* **ACTIVITY**
Return every line from the records below in which the word "BigEndian" is found.

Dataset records

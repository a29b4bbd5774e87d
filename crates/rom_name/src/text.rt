//! The lines that tell of a stream that is refused, and of a copy that is made a primary.
ghost use Rattle.std.specs.Prelude.{◌≡◌, ◌++◌, codes, decimal};
ghost use Rattle.rom_text.specs.Streams.{Prints};
ghost use Rattle.rom_text.specs.Text.{line_text};
ghost use Rattle.rom_name.specs.Texts.{adopted_text, epoch_text, identity_text, name_text, named_text, refusal_text};

use crate::adoption::Adopted;
use crate::count::Own;
use crate::identity::Identity;
use crate::meeting::Refusal;
use byteorder::{BigEndian, ByteOrder};
use itoa::Buffer;
use rom_frame::HeapName;
use rom_text::{IoFailed, Report, Sink, print_bytes, print_gathered, print_pieces, print_text};

/// The status of a program whose stream is refused.
pub const REFUSED: u8 = 3;

/// The digits of a name.
fn digits_of(name: HeapName) -> [u8; 32]
    ensures { result ≡ name_text name }
{
    let mut bytes = [0; 16];
    BigEndian::write_u64_into(&[name.high, name.low], &mut bytes);
    let mut digits = [0; 32];
    match hex::encode_to_slice(&bytes[..], &mut digits) {
        Ok(()) => digits,
        Err(_) => unreachable!(),
    }
}

// Prints a text and a name behind it.
fn print_named<O: Sink>(out: &mut O, before: &str, name: HeapName) -> Result<(), IoFailed>
    ensures prints { Prints O.shown out.old out.new result (before.now ++ name_text name) }
{
    print_text(out, before)?;
    print_bytes(out, &digits_of(name))
}

// Prints a text, a number, a text and a number as a line.
fn print_two<O: Sink>(
    out: &mut O,
    before: &str,
    first: u64,
    between: &str,
    second: u64,
) -> Result<(), IoFailed>
    ensures prints { Prints O.shown out.old out.new result
        (line_text (before.now ++ decimal first ++ between.now ++ decimal second)) }
{
    let mut of_first = Buffer::new();
    let mut of_second = Buffer::new();
    let first = of_first.format(first);
    let second = of_second.format(second);
    print_pieces(out, &[before, first, between, second, "\n"])
}

// Prints a text and a number as a line.
fn print_one<O: Sink>(out: &mut O, before: &str, number: u64) -> Result<(), IoFailed>
    ensures prints { Prints O.shown out.old out.new result
        (line_text (before.now ++ decimal number)) }
{
    print_pieces(out, &[before, Buffer::new().format(number), "\n"])
}

// Prints that the stream is of another heap.
fn print_other<O: Sink>(out: &mut O, name: HeapName) -> Result<(), IoFailed>
    ensures prints { Prints O.shown out.old out.new result
        (line_text (codes "refused: another heap " ++ name_text name)) }
{
    print_named(out, "refused: another heap ", name)?;
    print_text(out, "\n")
}

// Prints the line of a refusal.
fn print_line<O: Sink>(out: &mut O, refusal: &Refusal) -> Result<(), IoFailed>
    ensures prints { Prints O.shown out.old out.new result (refusal_text refusal.now) }
{
    match *refusal {
        Refusal::NoName => print_text(out, "refused: no name\n"),
        Refusal::OtherName(name) => print_other(out, name),
        Refusal::OlderEpoch { epoch, have } => {
            print_two(out, "refused: epoch ", epoch, " is older than ", have)
        }
        Refusal::SkippedEpoch { epoch, have } => {
            print_two(
                out,
                "refused: epoch ",
                epoch,
                " is more than one after ",
                have,
            )
        }
        Refusal::Parted { since, done } => {
            print_two(out, "refused: parted at ", since, ", count ", done)
        }
        Refusal::Gap(place) => print_one(out, "refused: lacks ", place),
        Refusal::Nameless => print_text(out, "refused: nameless stream\n"),
    }
}

// Prints the line of an adoption.
fn print_adoption<O: Sink>(out: &mut O, adopted: &Adopted) -> Result<(), IoFailed>
    ensures prints { Prints O.shown out.old out.new result (adopted_text adopted.now) }
{
    print_named(out, "adopted ", adopted.name)?;
    print_two(out, " epoch ", adopted.epoch, " at ", adopted.count)
}

// Prints the line of the identity of a heap that has a name.
fn print_with_name<O: Sink>(out: &mut O, identity: &Identity) -> Result<(), IoFailed>
    ensures prints { Prints O.shown out.old out.new result (named_text identity.now) }
{
    print_named(out, "name ", identity.name)?;
    print_two(out, " epoch ", identity.epoch, " since ", identity.since)
}

// Prints the line of an identity.
fn print_whose<O: Sink>(out: &mut O, identity: &Identity) -> Result<(), IoFailed>
    ensures prints { Prints O.shown out.old out.new result (identity_text identity.now) }
{
    if identity.name.high == 0 {
        return print_text(out, "no name\n");
    }
    print_with_name(out, identity)
}

impl Report for Identity {
    ghost use Rattle.rom_name.specs.Texts.{identity_text};

    ghost shown = { record {
      text = λ identity. identity_text identity;
      Fits = λ _. Unit {0};
    } };

    fn print<O: Sink>(&self, out: &mut O) -> Result<(), IoFailed> {
        print_whose(out, self)
    }
}

impl Report for Refusal {
    ghost use Rattle.rom_name.specs.Texts.{refusal_text};

    ghost shown = { record {
      text = λ refusal. refusal_text refusal;
      Fits = λ _. Unit {0};
    } };

    fn print<O: Sink>(&self, out: &mut O) -> Result<(), IoFailed> {
        print_line(out, self)
    }
}

impl Report for Adopted {
    ghost use Rattle.rom_name.specs.Texts.{adopted_text};

    ghost shown = { record {
      text = λ adopted. adopted_text adopted;
      Fits = λ _. Unit {0};
    } };

    fn print<O: Sink>(&self, out: &mut O) -> Result<(), IoFailed> {
        print_adoption(out, self)
    }
}

/// Prints why a stream is refused. After `IoFailed` the sink has taken some of the line, from its front.
pub fn print_refusal<O: Sink>(out: &mut O, refusal: &Refusal) -> Result<(), IoFailed>
    ensures prints { Prints O.shown out.old out.new result (refusal_text refusal.now) }
{
    print_gathered(out, refusal)
}

/// Prints what a copy that was made a primary begins.
pub fn print_adopted<O: Sink>(out: &mut O, adopted: &Adopted) -> Result<(), IoFailed>
    ensures prints { Prints O.shown out.old out.new result (adopted_text adopted.now) }
{
    print_gathered(out, adopted)
}

/// Prints whose updates a heap holds.
pub fn print_identity<O: Sink>(out: &mut O, own: &Own) -> Result<(), IoFailed>
    ensures prints { Prints O.shown out.old out.new result (identity_text own.now.identity) }
{
    print_gathered(out, &own.identity)
}

/// Prints the epoch of a heap that has a name, in the text format of Prometheus: its type, and the value behind the name.
pub fn print_epoch<O: Sink>(out: &mut O, own: &Own) -> Result<(), IoFailed>
    ensures prints { Prints O.shown out.old out.new result (epoch_text own.now.identity) }
{
    let identity = own.identity;
    print_named(
        out,
        "# TYPE romulus_epoch gauge\nromulus_epoch{name=\"",
        identity.name,
    )?;
    print_one(out, "\"} ", identity.epoch)
}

* **WRITTEN ANSWER**
use byteorder::{BigEndian, ByteOrder};
    BigEndian::write_u64_into(&[name.high, name.low], &mut bytes);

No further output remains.